> **Exercise requirements**: Filter these entries down to the lines that hold the word "TextsInside", and show each of them.

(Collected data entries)
___
// Names, entries and labels.
ghost use Rattle.std.specs.Prelude.{◌+◌, ◌*◌, ◌≤◌, length};
ghost use Rattle.layout.specs.LayoutOf.{entry};
ghost use Rattle.rows_check.specs.Tree.{cell, after, entry_with_zeros};
ghost use Rattle.rows_check.specs.Sections.{many, printed_name, printed_label, printed_fields, printed_labels, Spans};
ghost use Rattle.writer.specs.Write.{TextsInside, printed_part};
ghost use Rattle.put.specs.Output.{RoomFor, Wrote};

use super::cells;
use rows_check::kinds;

// The name of row q: length byte, bytes, one NUL.
pub(crate) fn put_name(out: &mut [u8], at: usize, rows: &[u32], text: &[u8], q: usize) -> usize
    requires q_in_bounds { 9 * (q + 1) ≤ length rows.now }
    requires text_in_bounds { cell rows.now q 1 + cell rows.now q 2 ≤ length text.now }
    requires room_for { RoomFor at (printed_name rows.now text.now q) out.old }
    ensures { Wrote at (printed_name rows.now text.now q) out.old out.new result }
{
    let s = cells::cell_of(rows, q, 1);
    let l = cells::cell_of(rows, q, 2);
    let a = put::put_little(out, at, l, 1);
    let e = s + l;
    let b = put::put_bytes(out, a, &text[s..e]);
    put::put_zeros(out, b, 1)
}

// An entry: the eleven bytes, and zeros up to D.
fn put_entry(out: &mut [u8], at: usize, e: [u8; 11]) -> usize
    requires { RoomFor at (entry.print (entry_with_zeros e)) out.old }
    ensures { Wrote at (entry.print (entry_with_zeros e)) out.old out.new result }
{
    let a = put::put_bytes(out, at, &e);
    put::put_zeros(out, a, layout::D - 11)
}

// The part of a section that row q is: an entry, a name or a label.
fn put_part(kind: usize, out: &mut [u8], at: usize, rows: &[u32], text: &[u8], q: usize) -> usize
    requires q_in_bounds { 9 * (q + 1) ≤ length rows.now }
    requires texts_inside { TextsInside kind rows.now text.now q 1 }
    requires room_for { RoomFor at (printed_part kind rows.now text.now q) out.old }
    ensures { Wrote at (printed_part kind rows.now text.now q) out.old out.new result }
{
    if kind == kinds::FIELD {
        return put_entry(out, at, cells::entry_of(rows, q));
    }
    if kind == kinds::FIELD_NAME {
        return put_name(out, at, rows, text, q);
    }
    put_label(out, at, rows, text, q)
}

// The parts of n rows from q on.
fn put_parts(
    kind: usize,
    out: &mut [u8],
    at: usize,
    rows: &[u32],
    text: &[u8],
    q: usize,
    n: usize,
) -> usize
    requires n_in_bounds { 9 * (q + n) ≤ length rows.now }
    requires texts_inside { TextsInside kind rows.now text.now q n }
    requires room_for { RoomFor at (many after (printed_part kind rows.now text.now) q n) out.old }
    ensures { Wrote at (many after (printed_part kind rows.now text.now) q n) out.old out.new result }
{
    let mut a = at;
    for p in q..q + n {
        a = put_part(kind, out, a, rows, text, p);
    }
    a
}

// Count, entries, then one name each.
pub(crate) fn put_fields(
    out: &mut [u8],
    at: usize,
    rows: &[u32],
    text: &[u8],
    q: usize,
    n: usize,
) -> usize
    requires n_in_bounds { 9 * (q + n + n) ≤ length rows.now }
    requires spans { Spans rows.now text.now (q + n) n }
    requires room_for { RoomFor at (printed_fields rows.now text.now q n) out.old }
    ensures { Wrote at (printed_fields rows.now text.now q n) out.old out.new result }
{
    let a = put::put_little(out, at, n, 2);
    let b = put_parts(kinds::FIELD, out, a, rows, text, q, n);
    put_parts(kinds::FIELD_NAME, out, b, rows, text, q + n, n)
}

// Count and labels.
pub(crate) fn put_labels(
    out: &mut [u8],
    at: usize,
    rows: &[u32],
    text: &[u8],
    q: usize,
    n: usize,
) -> usize
    requires n_in_bounds { 9 * (q + n) ≤ length rows.now }
    requires spans { Spans rows.now text.now q n }
    requires room_for { RoomFor at (printed_labels rows.now text.now q n) out.old }
    ensures { Wrote at (printed_labels rows.now text.now q n) out.old out.new result }
{
    let a = put::put_little(out, at, n, 2);
    put_parts(kinds::LABEL, out, a, rows, text, q, n)
}

// Code and name.
fn put_label(out: &mut [u8], at: usize, rows: &[u32], text: &[u8], q: usize) -> usize
    requires q_in_bounds { 9 * (q + 1) ≤ length rows.now }
    requires text_in_bounds { cell rows.now q 1 + cell rows.now q 2 ≤ length text.now }
    requires room_for { RoomFor at (printed_label rows.now text.now q) out.old }
    ensures { Wrote at (printed_label rows.now text.now q) out.old out.new result }
{
    let a = put::put_little(out, at, cells::cell_of(rows, q, 3), 2);
    put_name(out, a, rows, text, q)
}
___
> **Solved problem**:
ghost use Rattle.writer.specs.Write.{TextsInside, printed_part};
    requires texts_inside { TextsInside kind rows.now text.now q 1 }
    requires texts_inside { TextsInside kind rows.now text.now q n }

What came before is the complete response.